§ Requirement:
The response must consist of each line in the listing that has the word "WrittenBody" in it.

§ Dataset excerpts:
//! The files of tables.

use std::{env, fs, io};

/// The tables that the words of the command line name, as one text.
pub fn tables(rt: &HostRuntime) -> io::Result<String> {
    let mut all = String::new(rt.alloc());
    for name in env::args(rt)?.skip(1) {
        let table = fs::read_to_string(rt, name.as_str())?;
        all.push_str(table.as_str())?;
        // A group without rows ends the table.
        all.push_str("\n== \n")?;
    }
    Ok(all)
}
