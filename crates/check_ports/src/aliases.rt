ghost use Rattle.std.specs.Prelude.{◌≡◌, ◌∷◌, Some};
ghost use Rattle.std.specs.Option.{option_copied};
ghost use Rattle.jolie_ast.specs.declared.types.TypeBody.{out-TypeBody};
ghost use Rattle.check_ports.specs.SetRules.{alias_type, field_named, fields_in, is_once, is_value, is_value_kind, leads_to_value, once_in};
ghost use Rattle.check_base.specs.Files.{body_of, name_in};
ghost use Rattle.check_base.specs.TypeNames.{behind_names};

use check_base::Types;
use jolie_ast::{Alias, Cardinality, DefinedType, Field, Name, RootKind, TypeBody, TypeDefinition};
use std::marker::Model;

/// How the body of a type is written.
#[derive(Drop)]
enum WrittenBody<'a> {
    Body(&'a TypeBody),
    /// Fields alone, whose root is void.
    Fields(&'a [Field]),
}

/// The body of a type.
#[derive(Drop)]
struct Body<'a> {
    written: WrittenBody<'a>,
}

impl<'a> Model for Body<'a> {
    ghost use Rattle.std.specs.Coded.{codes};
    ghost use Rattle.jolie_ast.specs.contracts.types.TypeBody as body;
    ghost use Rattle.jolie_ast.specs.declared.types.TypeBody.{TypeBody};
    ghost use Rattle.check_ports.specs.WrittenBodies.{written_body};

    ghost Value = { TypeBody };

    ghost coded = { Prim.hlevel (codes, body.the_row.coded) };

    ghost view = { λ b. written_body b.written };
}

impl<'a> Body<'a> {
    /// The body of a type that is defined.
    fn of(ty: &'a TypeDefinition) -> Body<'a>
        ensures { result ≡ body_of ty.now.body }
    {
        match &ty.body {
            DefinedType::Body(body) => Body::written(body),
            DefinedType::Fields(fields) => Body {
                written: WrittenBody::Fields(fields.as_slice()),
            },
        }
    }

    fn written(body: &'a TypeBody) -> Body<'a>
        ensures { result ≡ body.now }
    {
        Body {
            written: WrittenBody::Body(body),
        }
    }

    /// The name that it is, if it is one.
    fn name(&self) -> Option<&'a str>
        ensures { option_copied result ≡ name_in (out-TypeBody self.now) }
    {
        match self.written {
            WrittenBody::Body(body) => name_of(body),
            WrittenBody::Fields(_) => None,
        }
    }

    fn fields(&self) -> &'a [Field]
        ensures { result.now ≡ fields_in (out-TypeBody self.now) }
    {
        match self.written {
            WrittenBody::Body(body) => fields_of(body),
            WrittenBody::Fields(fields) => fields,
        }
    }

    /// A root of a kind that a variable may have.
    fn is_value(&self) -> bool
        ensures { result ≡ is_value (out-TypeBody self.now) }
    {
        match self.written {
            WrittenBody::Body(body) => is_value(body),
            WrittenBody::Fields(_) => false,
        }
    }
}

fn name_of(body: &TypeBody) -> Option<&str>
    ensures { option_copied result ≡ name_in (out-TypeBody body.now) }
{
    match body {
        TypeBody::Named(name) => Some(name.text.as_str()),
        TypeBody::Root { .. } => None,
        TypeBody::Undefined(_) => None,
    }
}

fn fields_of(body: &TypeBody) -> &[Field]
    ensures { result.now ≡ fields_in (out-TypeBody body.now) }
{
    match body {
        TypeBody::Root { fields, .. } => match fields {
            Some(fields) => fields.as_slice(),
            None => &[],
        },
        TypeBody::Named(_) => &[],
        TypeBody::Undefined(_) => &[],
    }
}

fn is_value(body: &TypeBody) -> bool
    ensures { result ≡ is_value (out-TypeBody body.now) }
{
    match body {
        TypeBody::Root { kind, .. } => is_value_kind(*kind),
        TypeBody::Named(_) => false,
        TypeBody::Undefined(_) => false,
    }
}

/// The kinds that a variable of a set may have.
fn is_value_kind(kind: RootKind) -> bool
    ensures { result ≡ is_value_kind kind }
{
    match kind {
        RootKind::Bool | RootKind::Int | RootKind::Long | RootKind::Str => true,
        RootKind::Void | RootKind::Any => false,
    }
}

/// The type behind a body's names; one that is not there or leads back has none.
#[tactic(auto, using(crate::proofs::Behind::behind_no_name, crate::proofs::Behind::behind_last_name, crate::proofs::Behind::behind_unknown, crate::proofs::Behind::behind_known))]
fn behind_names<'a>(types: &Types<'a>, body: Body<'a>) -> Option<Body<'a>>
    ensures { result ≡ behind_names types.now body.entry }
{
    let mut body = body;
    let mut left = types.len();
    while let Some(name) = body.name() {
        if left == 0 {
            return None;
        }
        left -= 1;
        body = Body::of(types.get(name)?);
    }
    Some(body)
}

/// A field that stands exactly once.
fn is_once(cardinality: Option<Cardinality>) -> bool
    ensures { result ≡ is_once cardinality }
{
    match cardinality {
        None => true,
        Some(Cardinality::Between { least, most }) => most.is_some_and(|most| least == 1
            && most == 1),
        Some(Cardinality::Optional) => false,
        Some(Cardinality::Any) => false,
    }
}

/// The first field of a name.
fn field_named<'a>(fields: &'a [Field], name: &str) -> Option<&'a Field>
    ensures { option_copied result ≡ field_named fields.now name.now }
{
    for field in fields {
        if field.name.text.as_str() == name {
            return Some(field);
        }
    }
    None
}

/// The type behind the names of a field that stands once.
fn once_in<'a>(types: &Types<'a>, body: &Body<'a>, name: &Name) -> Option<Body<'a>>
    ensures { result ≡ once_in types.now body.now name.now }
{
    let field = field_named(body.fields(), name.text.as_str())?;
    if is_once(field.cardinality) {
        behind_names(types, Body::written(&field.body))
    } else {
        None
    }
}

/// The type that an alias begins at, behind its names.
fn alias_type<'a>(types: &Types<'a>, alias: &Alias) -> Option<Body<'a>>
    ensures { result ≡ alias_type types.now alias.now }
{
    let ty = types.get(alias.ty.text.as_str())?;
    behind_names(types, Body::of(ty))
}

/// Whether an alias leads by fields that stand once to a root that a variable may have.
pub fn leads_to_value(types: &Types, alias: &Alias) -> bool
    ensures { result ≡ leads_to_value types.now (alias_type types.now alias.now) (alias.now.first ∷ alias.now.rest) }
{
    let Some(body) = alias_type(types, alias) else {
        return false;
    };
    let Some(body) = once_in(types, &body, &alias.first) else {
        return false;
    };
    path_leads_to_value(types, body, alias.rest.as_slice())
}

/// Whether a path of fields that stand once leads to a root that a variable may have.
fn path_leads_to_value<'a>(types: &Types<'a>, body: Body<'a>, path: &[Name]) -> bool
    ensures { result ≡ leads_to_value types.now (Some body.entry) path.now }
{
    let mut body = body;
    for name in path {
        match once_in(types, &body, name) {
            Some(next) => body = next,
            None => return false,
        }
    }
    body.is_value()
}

---

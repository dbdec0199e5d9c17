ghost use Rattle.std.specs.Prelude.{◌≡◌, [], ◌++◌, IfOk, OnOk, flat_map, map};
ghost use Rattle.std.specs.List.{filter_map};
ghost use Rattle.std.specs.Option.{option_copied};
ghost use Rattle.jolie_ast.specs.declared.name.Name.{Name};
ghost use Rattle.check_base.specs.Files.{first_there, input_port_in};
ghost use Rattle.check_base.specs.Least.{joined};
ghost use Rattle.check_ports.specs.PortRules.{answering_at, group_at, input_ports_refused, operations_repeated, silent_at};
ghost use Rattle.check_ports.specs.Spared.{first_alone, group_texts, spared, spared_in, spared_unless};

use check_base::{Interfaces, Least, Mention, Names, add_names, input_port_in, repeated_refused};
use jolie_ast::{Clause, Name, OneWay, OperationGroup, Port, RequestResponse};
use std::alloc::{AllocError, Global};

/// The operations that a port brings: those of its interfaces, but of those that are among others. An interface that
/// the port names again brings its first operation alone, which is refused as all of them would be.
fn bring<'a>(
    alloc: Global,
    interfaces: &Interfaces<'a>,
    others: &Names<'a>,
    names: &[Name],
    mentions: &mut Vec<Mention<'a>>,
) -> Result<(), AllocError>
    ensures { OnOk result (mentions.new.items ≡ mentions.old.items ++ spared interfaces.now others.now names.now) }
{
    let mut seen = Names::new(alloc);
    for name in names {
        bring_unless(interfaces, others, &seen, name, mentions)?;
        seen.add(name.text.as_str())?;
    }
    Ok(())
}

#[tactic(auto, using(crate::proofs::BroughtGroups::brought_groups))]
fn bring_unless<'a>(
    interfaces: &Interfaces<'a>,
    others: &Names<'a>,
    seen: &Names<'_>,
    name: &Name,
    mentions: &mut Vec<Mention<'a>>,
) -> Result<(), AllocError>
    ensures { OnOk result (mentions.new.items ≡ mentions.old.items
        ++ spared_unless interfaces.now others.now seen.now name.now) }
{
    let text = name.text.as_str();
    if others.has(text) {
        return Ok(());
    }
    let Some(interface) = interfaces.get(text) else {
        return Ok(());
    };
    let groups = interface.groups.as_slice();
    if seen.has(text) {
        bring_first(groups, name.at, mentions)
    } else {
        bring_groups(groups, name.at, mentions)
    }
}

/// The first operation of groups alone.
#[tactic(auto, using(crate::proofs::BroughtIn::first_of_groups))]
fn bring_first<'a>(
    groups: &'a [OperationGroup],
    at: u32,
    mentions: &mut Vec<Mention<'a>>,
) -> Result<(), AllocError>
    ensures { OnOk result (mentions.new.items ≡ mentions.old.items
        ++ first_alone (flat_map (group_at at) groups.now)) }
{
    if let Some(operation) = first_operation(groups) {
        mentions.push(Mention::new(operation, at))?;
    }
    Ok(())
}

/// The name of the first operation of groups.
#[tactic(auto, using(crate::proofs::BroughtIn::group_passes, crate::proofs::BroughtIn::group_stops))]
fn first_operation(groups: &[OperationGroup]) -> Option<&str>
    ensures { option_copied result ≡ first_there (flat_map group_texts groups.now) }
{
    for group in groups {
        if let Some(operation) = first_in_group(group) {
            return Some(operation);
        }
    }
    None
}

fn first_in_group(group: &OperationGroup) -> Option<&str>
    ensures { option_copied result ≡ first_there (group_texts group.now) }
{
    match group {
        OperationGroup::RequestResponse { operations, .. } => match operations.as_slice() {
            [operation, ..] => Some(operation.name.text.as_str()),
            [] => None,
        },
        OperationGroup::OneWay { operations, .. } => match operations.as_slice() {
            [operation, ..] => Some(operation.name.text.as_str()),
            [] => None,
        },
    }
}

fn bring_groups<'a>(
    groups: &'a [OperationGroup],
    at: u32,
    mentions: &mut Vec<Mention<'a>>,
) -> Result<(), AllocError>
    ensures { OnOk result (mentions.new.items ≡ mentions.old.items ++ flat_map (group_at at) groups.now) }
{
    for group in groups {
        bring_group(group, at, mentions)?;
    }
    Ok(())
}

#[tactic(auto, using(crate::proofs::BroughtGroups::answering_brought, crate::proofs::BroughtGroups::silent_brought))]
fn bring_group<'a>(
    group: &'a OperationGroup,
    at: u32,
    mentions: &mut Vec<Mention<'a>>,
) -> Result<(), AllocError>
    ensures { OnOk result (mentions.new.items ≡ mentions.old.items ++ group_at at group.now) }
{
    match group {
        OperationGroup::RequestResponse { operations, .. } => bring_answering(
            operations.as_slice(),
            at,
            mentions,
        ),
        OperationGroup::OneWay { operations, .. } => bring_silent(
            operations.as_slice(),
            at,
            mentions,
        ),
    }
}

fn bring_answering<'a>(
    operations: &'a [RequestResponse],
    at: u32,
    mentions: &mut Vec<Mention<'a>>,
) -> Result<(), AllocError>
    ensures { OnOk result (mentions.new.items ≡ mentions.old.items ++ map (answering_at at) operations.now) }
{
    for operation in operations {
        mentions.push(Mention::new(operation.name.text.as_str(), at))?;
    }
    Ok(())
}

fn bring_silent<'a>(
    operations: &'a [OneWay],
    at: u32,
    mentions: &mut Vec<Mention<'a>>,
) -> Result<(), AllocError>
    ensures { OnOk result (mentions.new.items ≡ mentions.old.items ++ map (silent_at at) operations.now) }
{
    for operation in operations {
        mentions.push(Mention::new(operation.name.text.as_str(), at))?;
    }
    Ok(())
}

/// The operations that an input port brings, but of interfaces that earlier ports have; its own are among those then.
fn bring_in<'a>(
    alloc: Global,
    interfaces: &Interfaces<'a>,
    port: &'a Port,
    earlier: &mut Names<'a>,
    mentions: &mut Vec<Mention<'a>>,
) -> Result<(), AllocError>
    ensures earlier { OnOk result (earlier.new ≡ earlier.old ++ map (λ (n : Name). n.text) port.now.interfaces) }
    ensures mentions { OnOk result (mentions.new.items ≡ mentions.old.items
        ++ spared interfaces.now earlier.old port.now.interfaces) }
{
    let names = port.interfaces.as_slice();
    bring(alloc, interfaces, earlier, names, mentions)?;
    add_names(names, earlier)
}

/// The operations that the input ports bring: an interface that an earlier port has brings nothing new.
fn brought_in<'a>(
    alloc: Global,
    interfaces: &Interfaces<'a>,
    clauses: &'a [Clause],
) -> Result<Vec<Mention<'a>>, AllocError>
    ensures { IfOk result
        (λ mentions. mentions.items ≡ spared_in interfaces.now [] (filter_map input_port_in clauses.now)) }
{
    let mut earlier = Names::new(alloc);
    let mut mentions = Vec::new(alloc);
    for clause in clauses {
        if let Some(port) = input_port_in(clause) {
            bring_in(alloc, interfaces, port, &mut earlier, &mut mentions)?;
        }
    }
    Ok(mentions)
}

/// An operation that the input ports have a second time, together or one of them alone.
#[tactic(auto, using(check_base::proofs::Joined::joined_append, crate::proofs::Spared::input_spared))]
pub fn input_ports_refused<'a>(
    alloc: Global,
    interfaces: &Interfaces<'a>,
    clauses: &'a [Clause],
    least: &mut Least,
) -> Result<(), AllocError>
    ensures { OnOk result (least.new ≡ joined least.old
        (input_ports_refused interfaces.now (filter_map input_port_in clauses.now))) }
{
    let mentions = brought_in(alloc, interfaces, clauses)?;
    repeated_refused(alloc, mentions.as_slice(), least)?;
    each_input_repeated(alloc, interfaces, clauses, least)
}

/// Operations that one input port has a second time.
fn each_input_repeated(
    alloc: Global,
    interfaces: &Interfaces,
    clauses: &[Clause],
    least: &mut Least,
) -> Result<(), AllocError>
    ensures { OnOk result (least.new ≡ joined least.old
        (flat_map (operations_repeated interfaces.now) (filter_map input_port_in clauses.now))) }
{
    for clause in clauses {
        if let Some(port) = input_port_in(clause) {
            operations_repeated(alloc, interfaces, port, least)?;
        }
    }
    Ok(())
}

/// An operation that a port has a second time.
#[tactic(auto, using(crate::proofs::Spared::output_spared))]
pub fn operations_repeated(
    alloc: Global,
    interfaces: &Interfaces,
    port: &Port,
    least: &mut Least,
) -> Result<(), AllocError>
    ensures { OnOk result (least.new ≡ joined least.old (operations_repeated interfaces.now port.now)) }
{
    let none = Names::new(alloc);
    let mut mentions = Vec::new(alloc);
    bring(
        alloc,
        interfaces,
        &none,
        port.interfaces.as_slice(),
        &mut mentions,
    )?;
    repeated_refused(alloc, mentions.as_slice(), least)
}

§ Response for this exercise:
enum WrittenBody<'a> {
    written: WrittenBody<'a>,
                written: WrittenBody::Fields(fields.as_slice()),
            written: WrittenBody::Body(body),
            WrittenBody::Body(body) => name_of(body),
            WrittenBody::Fields(_) => None,
            WrittenBody::Body(body) => fields_of(body),
            WrittenBody::Fields(fields) => fields,
            WrittenBody::Body(body) => is_value(body),
            WrittenBody::Fields(_) => false,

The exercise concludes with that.